I'll learn more about this this weekend, as I play with it again.


----------



## mballi3011 (Aug 19, 2010)

First off Welcome Burnt Fingers to SMF. you'll like it here for there are alot of really good folks here that would just love to help you with just about anything to do with smoking. Now there are alot of proven recipes for some amazing things here too. So if you need sign up for the E-Course it's free and it will give you the basics of smoking and some good methods to use also. So the next big thing for you to do is go out and get you something to smoke and if you happen to have any questions just post it here and we will be happy to answer them for you.
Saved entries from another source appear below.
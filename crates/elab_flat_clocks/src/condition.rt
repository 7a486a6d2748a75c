// The condition of a block that is one `if` with an `else` (IEEE 1364-2005, section 9.4).

ghost use Rattle.std.specs.Prelude.{◌≡◌};
ghost use Rattle.std.specs.Option.{option_copied};
ghost use Rattle.elab_flat_faults.specs.Clocks.{condition_of};
ghost use Rattle.elab_flat_clocks.specs.Timings.{only_in, condition_alone};

use sqlite_items::{Boxed, Items};
use vlog_tree::{Expr, Stmt};

// The condition of a statement that is an `if` with an `else`.
fn condition_alone(stmt: &Stmt) -> Option<&Expr>
    ensures { option_copied result ≡ condition_alone stmt.now }
{
    match stmt {
        Stmt::IfElse(condition, _, _) => Some(condition),
        Stmt::Empty => None,
        Stmt::Block(_, _) => None,
        Stmt::If(_, _) => None,
        Stmt::Case(_, _, _) => None,
        Stmt::Blocking(_, _) => None,
        Stmt::Nonblocking(_, _) => None,
    }
}

// The condition of the only statement of some.
fn only_in(stmts: &[Stmt]) -> Option<&Expr>
    ensures { option_copied result ≡ only_in stmts.now }
{
    if stmts.len() == 1 {
        condition_alone(&stmts[0])
    } else {
        None
    }
}

/// The condition of a body that is one `if` with an `else`, alone or as the only statement of a `begin` and `end`.
pub fn condition_of(body: &Stmt) -> Option<&Expr>
    ensures { option_copied result ≡ condition_of body.now }
{
    match body {
        Stmt::Block(_, stmts) => only_in(stmts.as_slice()),
        Stmt::IfElse(condition, _, _) => Some(condition),
        Stmt::Empty => None,
        Stmt::If(_, _) => None,
        Stmt::Case(_, _, _) => None,
        Stmt::Blocking(_, _) => None,
        Stmt::Nonblocking(_, _) => None,
    }
}
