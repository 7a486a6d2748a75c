// A word from which numbers are drawn, and seats that draw.
ghost use Rattle.std.specs.Prelude.{◌≡◌, ℕ, ◌+◌, ◌-◌, ◌^◌, ◌<◌, ◌≤◌, List, [], ◌∷◌, ◌++◌, All, length, IfOk};
ghost use Rattle.job_pool.specs.Seats.{EachOnceBelow};

use crate::rule::{Both, Cut, Draw, EachOnce, Hand, Part};
use atomic_table::Table;
use std::alloc::{AllocError, Global};
use std::marker::{Brand, Model};

/// A shared word from which seats draw numbers, 0 and up, each number once. Contracts see the word's name and the
/// limit, which is how many numbers may be drawn from it in all.
#[derive(Drop)]
pub struct Tickets {
    table: Table<(), Hand, u64, EachOnce, Global>,
}

impl Model for Tickets {
    ghost use Rattle.std.specs.Prelude.{◌≡◌, ℕ, ◌^◌, ◌≤◌};
    ghost use Rattle.job_pool.specs.Seats.{Counter};

    ghost Value = { Counter };

    ghost view = { λ t. record { word = t.table.shared.table_id; limit = t.table.shared.key } };

    ghost invariant = { λ t. (t.table.shared.table_id.words ≡ 1) × (t.table.shared.table_id.slots ≡ 0) × (t.table.shared.key ≤ 2 ^ 63) };
}

/// The right to draw some numbers from a word, and the numbers drawn with it. Contracts see the word's name, the
/// numbers in the order in which the seat came to them, and the allowance, which is how many more it may draw.
#[derive(Drop)]
pub struct Seat {
    inner: atomic_table::Seat<(), Hand>,
}

impl Model for Seat {
    ghost use Rattle.std.specs.Prelude.{◌≡◌, []};
    ghost use Rattle.job_pool.specs.Seats.{Place};

    ghost Value = { Place };

    ghost view = { λ s. record { word = s.inner.table_id; numbers = s.inner.me.0.drawn; allowance = s.inner.me.0.left } };

    ghost invariant = { λ s. s.inner.me.1 ≡ [] };
}

impl Tickets {
    /// A word at 0, and its first seat, which may draw as many numbers as the limit.
    pub fn new(alloc: Global, limit: u64) -> Result<(Tickets, Seat), AllocError>
        requires { limit ≤ 2 ^ 63 }
        ensures limit { IfOk result (λ r. r.0.limit ≡ limit) }
        ensures seat { IfOk result (λ r. r.1 ≡ record { word = r.0.word; numbers = []; allowance = limit }) }
    {
        let (table, inner) = Table::of_words(alloc, &[0], &limit)?;
        Ok((Tickets { table }, Seat { inner }))
    }

    /// A new seat with a part of this seat's allowance and no numbers. Takes no memory.
    pub fn split(&self, seat: &mut Seat, part: u64) -> Seat
        requires word { seat.old.word ≡ self.now.word }
        requires part { part ≤ seat.old.allowance }
        ensures seat { seat.new ≡ record seat.old { allowance = seat.old.allowance - part } }
        ensures new { result ≡ record { word = self.now.word; numbers = []; allowance = part } }
    {
        self.cut::<Brand>(seat, part)
    }

    // Cuts off a part that the proof names, since a split of seats knows no value of the run.
    fn cut<B: Part>(&self, seat: &mut Seat, part: u64) -> Seat
        requires part_is { part ≡ B.part }
        requires word { seat.old.word ≡ self.now.word }
        requires part { part ≤ seat.old.allowance }
        ensures seat { seat.new ≡ record seat.old { allowance = seat.old.allowance - part } }
        ensures new { result ≡ record { word = self.now.word; numbers = []; allowance = part } }
    {
        let inner = self.table.shared.split_seat::<Cut<B>>(&mut seat.inner);
        Seat { inner }
    }

    /// Draws the next number of the word by one atomic addition. It goes to the end of the seat's numbers and is
    /// greater than all of them. Takes no memory, and waits for nobody.
    pub fn draw(&self, seat: &mut Seat) -> u64
        requires word { seat.old.word ≡ self.now.word }
        requires allowed { 0 < seat.old.allowance }
        ensures seat { seat.new ≡ record { word = seat.old.word; numbers = seat.old.numbers ++ result ∷ []; allowance = seat.old.allowance - 1 } }
        ensures above { All (λ x. x < result) seat.old.numbers }
        ensures many { length seat.old.numbers ≤ result }
    {
        self.table.shared.fetch_add::<Draw>(&mut seat.inner, 0, 1)
    }

    /// Puts the numbers and the allowance of another seat behind this one's. Takes no memory.
    pub fn join(&self, seat: &mut Seat, other: Seat)
        requires word { (seat.old.word ≡ self.now.word) × (other.word ≡ self.now.word) }
        ensures { seat.new ≡ record { word = seat.old.word; numbers = seat.old.numbers ++ other.numbers; allowance = seat.old.allowance + other.allowance } }
    {
        let Seat { inner } = other;
        self.table.shared.join_seat::<Both>(&mut seat.inner, inner);
    }

    /// How many numbers were drawn. The seat has just the numbers below this count, each once, where all that was
    /// allowed came back to it. Takes no memory.
    pub fn close(self, seat: Seat) -> u64
        requires word { seat.word ≡ self.word }
        requires whole { length seat.numbers + seat.allowance ≡ self.limit }
        ensures numbers { EachOnceBelow result seat.numbers }
        ensures count { length seat.numbers ≡ result }
    {
        let Tickets { table } = self;
        let Seat { inner } = seat;
        let closed = table.close_with(inner);
        let count = closed.word(0);
        closed.free();
        count
    }
}
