// Tables of what reaches the one-bit inputs of a scope.

ghost use Rattle.std.specs.Prelude.{◌≡◌, List, [], Some, IfOk, IfErr, map};
ghost use Rattle.std.specs.Option.{option_copied};
ghost use Rattle.vlog_tree.specs.declared.module.Module.{Module as Design};
ghost use Rattle.vlog_tree_runs.specs.Places.{Name};
ghost use Rattle.vlog_tree_runs.specs.Scopes.{scope_at, given_at};
ghost use Rattle.elab_flat_faults.specs.FlatStands.{Refuses};
ghost use Rattle.elab_flat_scopes.specs.Borrowed.{name_meant, given_meant, inner_meant};
ghost use Rattle.elab_flat_instances.specs.Unfolding.{scope_meant};
ghost use Rattle.elab_flat_names.specs.Rows.{StandsAlone};
ghost use Rattle.elab_flat_params.specs.Parameters.{given_name};
ghost use Rattle.elab_flat_clocks.specs.Tables.{link_meant, link_name, input_at, itself, reached, links, IsTable, IsTableBelow};

use crate::bits::bit_inputs;
use elab_flat_faults::FlatFault;
use elab_flat_instances::Scope;
use elab_flat_scopes::{Given, Inner, Names, given_to, port_names};
use outside::Text;
use std::alloc::{AllocError, Global};
use std::marker::Model;
use vlog_tree::Expr;

/// A name of a scope, and the input of the top that reaches it.
#[derive(Clone, Copy)]
pub struct Link<'a> {
    pub name: &'a Text,
    pub input: &'a Text,
}

/// What reaches the names of a scope, of which that of one name is found at once. Contracts see it as its list.
#[derive(Drop)]
pub struct Table<'a> {
    list: Vec<Link<'a>>,
    names: Names<'a>,
}

impl<'a> Model for Table<'a> {
    ghost use Rattle.std.specs.Prelude.{◌≡◌, List, map};
    ghost use Rattle.elab_flat_clocks.specs.Tables.{Link, link_meant, link_name};

    ghost Value = { List Link };

    ghost view = { λ x. map link_meant x.list.items };

    ghost invariant = { λ x. x.names ≡ map link_name (map link_meant x.list.items) };
}

fn names_of<'a>(alloc: Global, list: &[Link<'a>]) -> Result<Vec<&'a Text>, AllocError>
    ensures { IfOk result (λ r. map name_meant r.items ≡ map link_name (map link_meant list.now)) }
{
    let mut all = Vec::new(alloc);
    for link in list {
        all.push(link.name)?;
    }
    Ok(all)
}

impl<'a> Table<'a> {
    fn of(alloc: Global, list: Vec<Link<'a>>) -> Result<Table<'a>, AllocError>
        ensures { IfOk result (λ t. t ≡ map link_meant list.entry.items) }
    {
        let names = Names::of(alloc, names_of(alloc, &list)?)?;
        Ok(Table { list, names })
    }

    /// The input of the top that reaches a name; none where no input does.
    pub fn input(&self, name: &[u8]) -> Option<&'a Text>
        ensures { option_copied result ≡ input_at self.now name.now }
    {
        match self.names.place(name) {
            Some(place) => match self.list.get(place) {
                Some(link) => Some(link.input),
                None => None,
            },
            None => None,
        }
    }
}

fn themselves<'a>(alloc: Global, names: &[&'a Text]) -> Result<Vec<Link<'a>>, AllocError>
    ensures { IfOk result (λ r. map link_meant r.items ≡ map itself (map name_meant names.now)) }
{
    let mut all = Vec::new(alloc);
    for name in names {
        all.push(Link { name, input: name })?;
    }
    Ok(all)
}

/// The table of the top. A refusal's fault stands there.
pub fn top_table<'a>(alloc: Global, scope: &Scope<'a>) -> Result<Table<'a>, FlatFault>
    ensures ok { IfOk result (λ t. (ms : List Design) (top : Name) → scope_at ms top [] ≡ Some (scope_meant scope.now) →
        IsTable ms top [] t) }
    ensures err { IfErr result (Refuses (StandsAlone (scope_meant scope.now))) }
{
    let names = match bit_inputs(alloc, scope) {
        Ok(names) => names,
        Err(fault) => return Err(fault),
    };
    let table = Table::of(alloc, themselves(alloc, &names)?)?;
    Ok(table)
}

fn given_names<'a>(alloc: Global, given: &[Given<'a>]) -> Result<Vec<&'a Text>, AllocError>
    ensures { IfOk result (λ r. map name_meant r.items ≡ map given_name (map given_meant given.now)) }
{
    let mut all = Vec::new(alloc);
    for gift in given {
        all.push(gift.name)?;
    }
    Ok(all)
}

// What a name is given.
fn given_at<'a>(names: &Names<'_>, given: &[Given<'a>], name: &Text) -> Option<&'a Expr>
    requires { names.now ≡ map given_name (map given_meant given.now) }
    ensures { option_copied result ≡ given_at (map given_meant given.now) name.now }
{
    match names.place(name.bytes()) {
        Some(place) => match given.get(place) {
            Some(gift) => Some(gift.value),
            None => None,
        },
        None => None,
    }
}

// The input of the top that reaches an expression of the outer scope, which must be a name.
fn reached<'a>(outer: &Table<'a>, value: Option<&Expr>) -> Option<&'a Text>
    ensures { option_copied result ≡ reached outer.now (option_copied value.entry) }
{
    match value {
        Some(expr) => match expr {
            Expr::Name(name) => {
                if name.offset == 0 {
                    outer.input(name.text.bytes())
                } else {
                    None
                }
            }
            _ => None,
        },
        None => None,
    }
}

fn links<'a>(
    alloc: Global,
    outer: &Table<'a>,
    given: &[Given<'_>],
    bits: &[&'a Text],
) -> Result<Vec<Link<'a>>, AllocError>
    ensures { IfOk result (λ r. map link_meant r.items ≡ links outer.now (map given_meant given.now)
        (map name_meant bits.now)) }
{
    let names = Names::of(alloc, given_names(alloc, given)?)?;
    let mut all = Vec::new(alloc);
    for name in bits {
        if let Some(input) = reached(outer, given_at(&names, given, name)) {
            all.push(Link { name, input })?;
        }
    }
    Ok(all)
}

/// The table of an instance by that of its outer scope. A refusal's fault stands at the instance.
pub fn child_table<'a>(
    alloc: Global,
    outer: &Table<'a>,
    inner: &Inner<'_>,
    scope: &Scope<'a>,
) -> Result<Table<'a>, FlatFault>
    ensures ok { IfOk result (IsTableBelow outer.now (inner_meant inner.now) (scope_meant scope.now)) }
    ensures err { IfErr result (Refuses (StandsAlone (scope_meant scope.now))) }
{
    let bits = match bit_inputs(alloc, scope) {
        Ok(bits) => bits,
        Err(fault) => return Err(fault),
    };
    let ports = port_names(alloc, scope.text)?;
    let given = given_to(alloc, &ports, inner.args)?;
    let table = Table::of(alloc, links(alloc, outer, &given, &bits)?)?;
    Ok(table)
}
Welcome To Your New Addiction


----------



## toxie (Aug 19, 2010)

Welcome to SMF!! Lots of good folks and information here...


----------



## burntfingers (Aug 23, 2010)

I added some tuning plates to this before Saturday's smoke, and it did make a big difference.  The temp difference between the center and the edges averaged about 35-40 degrees.  The end nearest the SFB was typically running about 50 degrees higher than the far end, but I had some really big ribs on the far end, so that temp difference isn't too surprising.  A little more playing with the position of the plates, and I should be good.

I had no problem keeping the temps up.  I'm still working on getting great control, but it help pretty well.


----------



## etcher1 (Aug 23, 2010)

Welcome 


to the *SMF* forum, You came to the right place. Good people and good info.


----------



## pit 4 brains (Aug 23, 2010)

Hmmm.. I've been using a Char-Grilller for years, unmodded (except for the two roofing tiles I have in the cooking chamber). Even though I have a digital on the grate while cooking, I still put my hand over the stack and just feel the heat and draft coming out. I did learn that adding lit coals vs cold will help keep temps on an even keel. I just did a stick burn for the first time the other night in the rain and I was able to turn in the People's Choice brisket.

Maybe you're just trying to oversteer a running horse.. Ease up in the saddle and give her some reigns...


----------